Entre la philosophie biologique et la philosophie sociale, dont la création est due pour une si large part, au génie français, vient se placer un ordre de recherches qui, lui aussi, appartient surtout au xixe siècle : nous voulons parler de la psychologie. Ce n’est pas à dire qu’il n’y eût eu déjà, particulièrement en France, en Angleterre et en Écosse, des psychologues pénétrants ; mais l’observation intérieure, laissée à elle même et réduite à l’étude des phénomènes normaux, avait difficilement accès à certaines régions de l’esprit, notamment au « subconscient ». À la méthode habituelle d’observation intérieure le xixe siècle en a adjoint deux autres : d’un côté, l’ensemble des procédés de mensuration dont on fait usage dans les laboratoires, et, d’autre part, la méthode qu’on pourrait appeler clinique, celle qui consiste à recueillir des observations de malades et même à provoquer des phénomènes morbides (intoxication, hypnotisme, etc.).
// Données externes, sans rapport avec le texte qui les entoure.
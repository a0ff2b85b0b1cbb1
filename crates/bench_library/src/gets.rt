//! Point reads.
use crate::digest::{Digest, code};
use crate::files::open_copy;
use lsm_tables::table::Table;
use sst_blocks::{Error, SeqNo};
use std::alloc::Global;

// Reads each of the concatenated keys once.
fn get_each(
    table: &Table,
    keys: &[u8],
    key_len: usize,
    seqno: SeqNo,
    digest: &mut Digest,
) -> Result<(), Error> {
    let mut rest = keys;
    for _ in 0..keys.len() {
        let Some((key, after)) = rest.split_at_checked(key_len) else {
            break;
        };
        rest = after;
        let hash = Table::<Global>::key_hash(key);
        if let Some(item) = table.get(key, seqno, hash)? {
            digest.add(&item);
        }
    }
    Ok(())
}

fn get_passes(
    alloc: Global,
    file: &[u8],
    keys: &[u8],
    key_len: usize,
    passes: u64,
    digest: &mut Digest,
) -> Result<(), Error> {
    let table = open_copy(alloc, file)?;
    for _ in 0..passes {
        *digest = Digest::empty();
        get_each(&table, keys, key_len, SeqNo::MAX, digest)?;
    }
    Ok(())
}

/// Copies and opens a table, and reads the newest version of each key, in each pass.
///
/// The keys have one length and are concatenated; an incomplete last one is ignored. `digest` is
/// that of the last pass.
#[unsafe(no_mangle)]
pub extern "C" fn tool_bench_get(
    alloc: Global,
    file: &[u8],
    keys: &[u8],
    key_len: usize,
    passes: u64,
    digest: &mut Digest,
) -> u32 {
    code(get_passes(alloc, file, keys, key_len, passes, digest))
}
De ces deux méthodes, la première a été pratiquée surtout en Allemagne ; quoiqu’elle ne soit pas négligeable, elle est loin d’avoir donné ce qu’on attendait d’elle[1]. La seconde, au contraire, a déjà fourni des résultats importants, et elle en laisse entrevoir d’autres, plus considérables encore. Or cette dernière psychologie, cultivée aujourd’hui dans bien des pays, est une science d’origine française, qui est restée éminemment française. Préparée par les aliénistes français de la première moitié du xixe siècle, elle s’est constituée d’une manière définitive avec Moreau de Tours, et elle n’a pas cessé, depuis, d’être représentée en France par des maîtres, soit qu’ils fussent venus de la pathologie à la psychologie, soit que ce fussent des psychologues attirés vers la pathologie mentale. Il nous suffira de citer les noms de Charcot, de Ribot, de Pierre Janet et de Georges Dumas.

  1. Elle a eu en France des représentants remarquables ; citons en particulier Alfred Binet.